“先生!”
胡圖兒執弟子禮,在樹下喚道。
季明沒有搭理這個狐貍公子,轉頭看向老太爺,問道:“太爺可知道這附近可有山神?”
許是因在太爺的面前,又或許真對那假于物之術感興趣,被季明無視的胡圖兒一改先前態度,竟搶著回話。
“先生所說的山神,應是居于此地界中的山鬼。
其在東南二十里外的一座老廟中,那廟外長有一顆老槐,先生一看便知。”
“原來是那博泥公!”
季明心道。
一旁的老太爺上前,拱著手說道:“圖兒雖性情頑劣,但好在本質純良,還望您多加引導。
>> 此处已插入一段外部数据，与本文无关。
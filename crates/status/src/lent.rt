// What stands first in a run, lent by `&mut` to those who free it, mark it or break it; and the
// same by value, for callers with plain parameters.
ghost use Rattle.std.specs.Prelude.{◌≡◌};
ghost use Rattle.status.specs.Lent.{freed, marked, spoiled};

use states::BROKEN_STATE;

// A run's state, its number of jobs, and the masks of what is done and read.
#[derive(Clone, Copy)]
pub struct RunStatus {
    pub state: u32,
    pub jobs: u32,
    pub done: u32,
    pub read: u32,
}

// Frees the run: all four are zero.
pub fn free(s: &mut RunStatus)
    ensures { s.new ≡ freed s.old }
{
    s.state = 0;
    s.jobs = 0;
    s.done = 0;
    s.read = 0;
}

// Marks a job done with its reads: the two masks become these.
pub fn mark(s: &mut RunStatus, done: u32, read: u32)
    ensures { s.new ≡ marked s.old done read }
{
    s.done = done;
    s.read = read;
}

// Breaks the run: its state alone changes.
pub fn spoil(s: &mut RunStatus)
    ensures { s.new ≡ spoiled s.old }
{
    s.state = BROKEN_STATE;
}

// A run's status freed.
pub fn freed(s: RunStatus) -> RunStatus
    ensures { result ≡ freed s }
{
    let mut t = s;
    free(&mut t);
    t
}

// A run's status with other masks of what is done and read.
pub fn marked(s: RunStatus, done: u32, read: u32) -> RunStatus
    ensures { result ≡ marked s done read }
{
    let mut t = s;
    mark(&mut t, done, read);
    t
}

// A broken run's status.
pub fn spoiled(s: RunStatus) -> RunStatus
    ensures { result ≡ spoiled s }
{
    let mut t = s;
    spoil(&mut t);
    t
}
”
老太爺已有一顆儒心,他的三觀已經同當下的士人所對等,信奉于天地君親師的那一套。
也是因此,被太爺親聘為先生的季明才敢擺一些譜。
在太爺的面前,季明認真的點了點頭,心中卻是敷衍得很。
這圖公子前一些日子說什么邀他在外狩獵,現在一想,擺明是同那二怪串聯一處,欲置他于死地。
要不是寄狐籬下,季明早給...
好吧,他的確拿這個狐貍公子沒辦法,二者之間的差距太大了。
待太爺離去,季明立馬飛下樹來,忍著身體上的傷痛,將那一具蝙蝠精尸身囫圇的吃下肚去。
看著季明這般血腥的吃相,那一位胡圖公子有些被驚住了。
似他這一般,自打生下來便是食精米,而飲甘露,讀圣賢之書,從未有茹毛飲血的經歷。
且他觀這烏松子滿口的圣賢道理,且舉止有禮,進退有度,實比他更似一個人,故而對方這樣的野獸作態于他更具有一種沖擊力。
在社中過了幾日,季明傷勢漸好。
不知是不是那一日一番善假于物的言論,讓他在太爺的心中提了一個檔次,平日里伙食中竟未削減靈茶供應,還額外增加了青玉一般的精米。
聽社中狐生說,這青精米由「天狐院」直供,最能養身,排除體內惡濁,以成清靈之體。
季明將所得精米小心的收藏,在他的內心中,早已經決定將以人的身份踏上修行之路。
在妖怪這里,他實在沒有看到光明的未來,而且百年得道,千年成仙,對于他而言過于漫長。
同人相比,妖怪簡直如同被歷史所淘汰的一樣。
收好精米,季明心下略有感慨。
暫且不說那一位圖公子,太爺這般的厚遇,實在讓他心里熱乎,當下便也為太爺提了一些教育上微不足道的意見。
之所以是意見,只因他清楚自己未曾真正了解狐社。
雖說看出社中狐生學習態度散漫的問題,但不知其中的本因,一切分析來自于推測,未曾考證過。
所以只是一些意見,給予太爺一個不同思路的參考。
饒是如此,太爺也是欣然接納,且積極的同季明在這一方面探討。
胡老太爺讓季明產生一種被正視,還有被認可的感覺,他也似乎更為融入這個世界一分。
在社中的日子總是充實的,最近他又開始學習文字。
老實說,很多古篆還是同倀鬼所學,一些篆字更偏向于象形文字,同前世世界還是有一些區別。
在古篆之后,還有一種盛行于今朝的字體——巴文。
同太爺聊起這一文字時,其稱這一文字源于一種古老的卜文,而之所以現如今盛行于世,目的便是取代從黃王治世起,便一直流傳于今的篆體。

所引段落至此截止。